Task instructions » Once the line containing "Some(number as i32)" is found in the records below, return it and each following line exactly, up to and including the line containing "numbers, which fit.", and nothing else.

Collected data entries
----------------------------------------

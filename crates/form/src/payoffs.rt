//! What options and bundles pay at states.

ghost use Rattle.std.specs.Prelude.{◌≡◌, ◌≤◌, ◌≤ℤ◌, ◌+◌, ◌^◌, Ok, pos, unsigned_abs, option_and_then, if◌then◌else◌, IfOk, IfSome};
ghost use Rattle.exact_num.specs.Fraction.{whole};
ghost use Rattle.exact_num.specs.Limit.{limit};
ghost use Rattle.exact_num.specs.Fits.{add_of, meaning, misfit, mul_of, size_fits};
ghost use Rattle.form.specs.Payoff.{IsOnCount, bundle_legs, leg_of, option_of};
ghost use Rattle.form.specs.States.{vector_of};
ghost use Rattle.form.specs.Steps.{add_leg, bundle_payoff_of, payoff_of};
ghost use Rattle.exact_num.specs.Steps.{plus_product};

use crate::bundles::Bundle;
use crate::forms::Form;
use crate::legs::Leg;
use crate::states::State;
use exact_num::{Operator, Wide};

/// What the option pays at the state `(t, s)`: t times its payoff at the prices `s / t`. `Wide`
/// comes exactly where a product of two entries or their sum so far is above `2^127 - 1` in size.
/// Takes no memory.
pub fn payoff(form: &Form, state: &State) -> Result<i128, Wide>
    requires { form.now.count ≡ state.now.count }
    ensures payoff { meaning whole result
        ≡ payoff_of limit (option_of form.now) (vector_of state.now) }
    ensures fits { IfOk result (λ h. unsigned_abs h ≤ limit) }
{
    match short_payoff(form, state) {
        Some(payoff) => Ok(payoff),
        None => payoff_by_steps(form, state),
    }
}

/// The same where each entry of the state is of 32 bits: then each step fits, and none is tested.
fn short_payoff(form: &Form, state: &State) -> Option<i128>
    requires { form.now.count ≡ state.now.count }
    ensures payoff { IfSome result (λ h. Ok (whole h)
        ≡ payoff_of limit (option_of form.now) (vector_of state.now)) }
    ensures small { IfSome result (λ h. unsigned_abs h ≤ 2 ^ 98) }
{
    let mut total: i128 = 0;
    for i in 0..form.count as usize {
        let entry = short(state.entries[i])?;
        total = add_short_product(total, form.entries[i], entry);
    }
    Some(total.max(0))
}

/// The number, where it is of 32 bits.
fn short(number: i128) -> Option<i32>
    requires { pos 0 ≤ℤ number }
    ensures { IfSome result (λ n. n ≡ number) }
{
    if number <= i32::MAX.into() {
        Some(number as i32)
    } else {
        None
    }
}

/// The same, whatever the entries.
fn payoff_by_steps(form: &Form, state: &State) -> Result<i128, Wide>
    requires { form.now.count ≡ state.now.count }
    ensures payoff { meaning whole result
        ≡ payoff_of limit (option_of form.now) (vector_of state.now) }
    ensures fits { IfOk result (λ h. unsigned_abs h ≤ limit) }
{
    let mut total: i128 = 0;
    for i in 0..form.count as usize {
        total = add_product(total, form.entries[i], state.entries[i])?;
    }
    Ok(total.max(0))
}

/// The total and the product of the two numbers, which fit.
fn add_short_product(total: i128, a: i64, x: i32) -> i128
    requires { unsigned_abs total ≤ 2 ^ 126 }
    ensures sum { Ok (whole result) ≡ plus_product limit (whole total) (whole a) (whole x) }
    ensures size { unsigned_abs result ≤ unsigned_abs total + 2 ^ 94 }
{
    total + i128::from(a) * i128::from(x)
}

/// What the bundle pays at the state: the sum of each leg's count times its payoff, which may be
/// below 0. `Wide` comes exactly where a leg's payoff, its product with the count or the sum so far
/// does not fit. Takes no memory.
pub fn bundle_payoff(bundle: &Bundle, state: &State) -> Result<i128, Wide>
    requires counts { IsOnCount state.now.count bundle.now }
    ensures payoff { meaning whole result
        ≡ bundle_payoff_of limit (bundle_legs bundle.now) (vector_of state.now) }
    ensures fits { IfOk result (λ h. unsigned_abs h ≤ limit) }
{
    match short_bundle_payoff(bundle, state) {
        Some(payoff) => Ok(payoff),
        None => bundle_payoff_by_steps(bundle, state),
    }
}

/// The same where each entry of the state is of 32 bits: then each step fits, and none is tested.
fn short_bundle_payoff(bundle: &Bundle, state: &State) -> Option<i128>
    requires counts { IsOnCount state.now.count bundle.now }
    ensures payoff { IfSome result (λ h. Ok (whole h)
        ≡ bundle_payoff_of limit (bundle_legs bundle.now) (vector_of state.now)) }
    ensures fits { IfSome result (λ h. unsigned_abs h ≤ limit) }
{
    let mut total: i128 = 0;
    for leg in bundle.as_slice() {
        total = add_short_leg(total, leg, state)?;
    }
    Some(total)
}

/// The total and the count times the payoff of the leg, where each entry of the state is of 32
/// bits.
fn add_short_leg(total: i128, leg: &Leg, state: &State) -> Option<i128>
    requires count { leg.now.form.count ≡ state.now.count }
    requires total { unsigned_abs total ≤ 2 ^ 126 }
    ensures sum { IfSome result (λ s. Ok (whole s)
        ≡ add_leg limit (vector_of state.now) (whole total) (leg_of leg.now)) }
    ensures size { IfSome result (λ s. unsigned_abs s ≤ unsigned_abs total + 2 ^ 113) }
{
    let value = short_payoff(&leg.form, state)?;
    Some(add_short_count(total, leg.count, value))
}

/// The total and the count times the value, which fit.
fn add_short_count(total: i128, count: i16, value: i128) -> i128
    requires total { unsigned_abs total ≤ 2 ^ 126 }
    requires value { unsigned_abs value ≤ 2 ^ 98 }
    ensures sum { Ok (whole result) ≡ plus_product limit (whole total) (whole count) (whole value) }
    ensures size { unsigned_abs result ≤ unsigned_abs total + 2 ^ 113 }
{
    total + i128::from(count) * value
}

/// What the bundle pays, whatever the entries of the state.
fn bundle_payoff_by_steps(bundle: &Bundle, state: &State) -> Result<i128, Wide>
    requires counts { IsOnCount state.now.count bundle.now }
    ensures payoff { meaning whole result
        ≡ bundle_payoff_of limit (bundle_legs bundle.now) (vector_of state.now) }
    ensures fits { IfOk result (λ h. unsigned_abs h ≤ limit) }
{
    let mut total: i128 = 0;
    for leg in bundle.as_slice() {
        total = add_leg(total, leg, state)?;
    }
    Ok(total)
}

/// The total and the count times the payoff of the leg.
fn add_leg(total: i128, leg: &Leg, state: &State) -> Result<i128, Wide>
    requires count { leg.now.form.count ≡ state.now.count }
    requires total { unsigned_abs total ≤ limit }
    ensures sum { meaning whole result
        ≡ add_leg limit (vector_of state.now) (whole total) (leg_of leg.now) }
    ensures fits { IfOk result (λ s. unsigned_abs s ≤ limit) }
{
    let value = payoff(&leg.form, state)?;
    add_product(total, leg.count.into(), value)
}

/// The total and the product of the two numbers.
fn add_product(total: i128, a: i64, x: i128) -> Result<i128, Wide>
    requires { unsigned_abs total ≤ limit }
    ensures sum { meaning whole result ≡ plus_product limit (whole total) (whole a) (whole x) }
    ensures fits { IfOk result (λ s. unsigned_abs s ≤ limit) }
{
    let product = whole_product(a, x)?;
    whole_sum(total, product)
}

/// The product of two whole numbers, as exact numbers of 128 bits have it. Of two numbers of 64
/// bits each fits.
fn whole_product(a: i64, b: i128) -> Result<i128, Wide>
    ensures product { meaning whole result ≡ mul_of limit (whole a) (whole b) }
    ensures fits { IfOk result (λ p. unsigned_abs p ≤ limit) }
{
    match i64::try_from(b) {
        Ok(b) => Ok(i128::from(a) * i128::from(b)),
        Err(_) => checked_product(a.into(), b),
    }
}

/// The same, whatever their sizes.
fn checked_product(a: i128, b: i128) -> Result<i128, Wide>
    ensures product { meaning whole result ≡ mul_of limit (whole a) (whole b) }
    ensures fits { IfOk result (λ p. unsigned_abs p ≤ limit) }
{
    within_limit(a.checked_mul(b)).ok_or(wide(Operator::Mul, a, b))
}

/// The sum of two whole numbers, likewise.
fn whole_sum(a: i128, b: i128) -> Result<i128, Wide>
    requires left { unsigned_abs a ≤ limit }
    requires right { unsigned_abs b ≤ limit }
    ensures sum { meaning whole result ≡ add_of limit (whole a) (whole b) }
    ensures fits { IfOk result (λ s. unsigned_abs s ≤ limit) }
{
    within_limit(a.checked_add(b)).ok_or(wide(Operator::Add, a, b))
}

/// The number, where there is one and its size is at most `2^127 - 1`.
fn within_limit(number: Option<i128>) -> Option<i128>
    ensures { result ≡ option_and_then (λ n. if size_fits limit n then Some n else None) number }
{
    match number {
        Some(n) if n != i128::MIN => Some(n),
        _ => None,
    }
}

/// The misfit of an operation on two whole numbers.
fn wide(operator: Operator, left: i128, right: i128) -> Wide
    ensures { result ≡ misfit operator (whole left) (whole right) }
{
    Wide {
        operator,
        left: (left, 1),
        right: (right, 1),
    }
}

----------------------------------------

The completed task »
        Some(number as i32)
    } else {
        None
    }
}

/// The same, whatever the entries.
fn payoff_by_steps(form: &Form, state: &State) -> Result<i128, Wide>
    requires { form.now.count ≡ state.now.count }
    ensures payoff { meaning whole result
        ≡ payoff_of limit (option_of form.now) (vector_of state.now) }
    ensures fits { IfOk result (λ h. unsigned_abs h ≤ limit) }
{
    let mut total: i128 = 0;
    for i in 0..form.count as usize {
        total = add_product(total, form.entries[i], state.entries[i])?;
    }
    Ok(total.max(0))
}

/// The total and the product of the two numbers, which fit.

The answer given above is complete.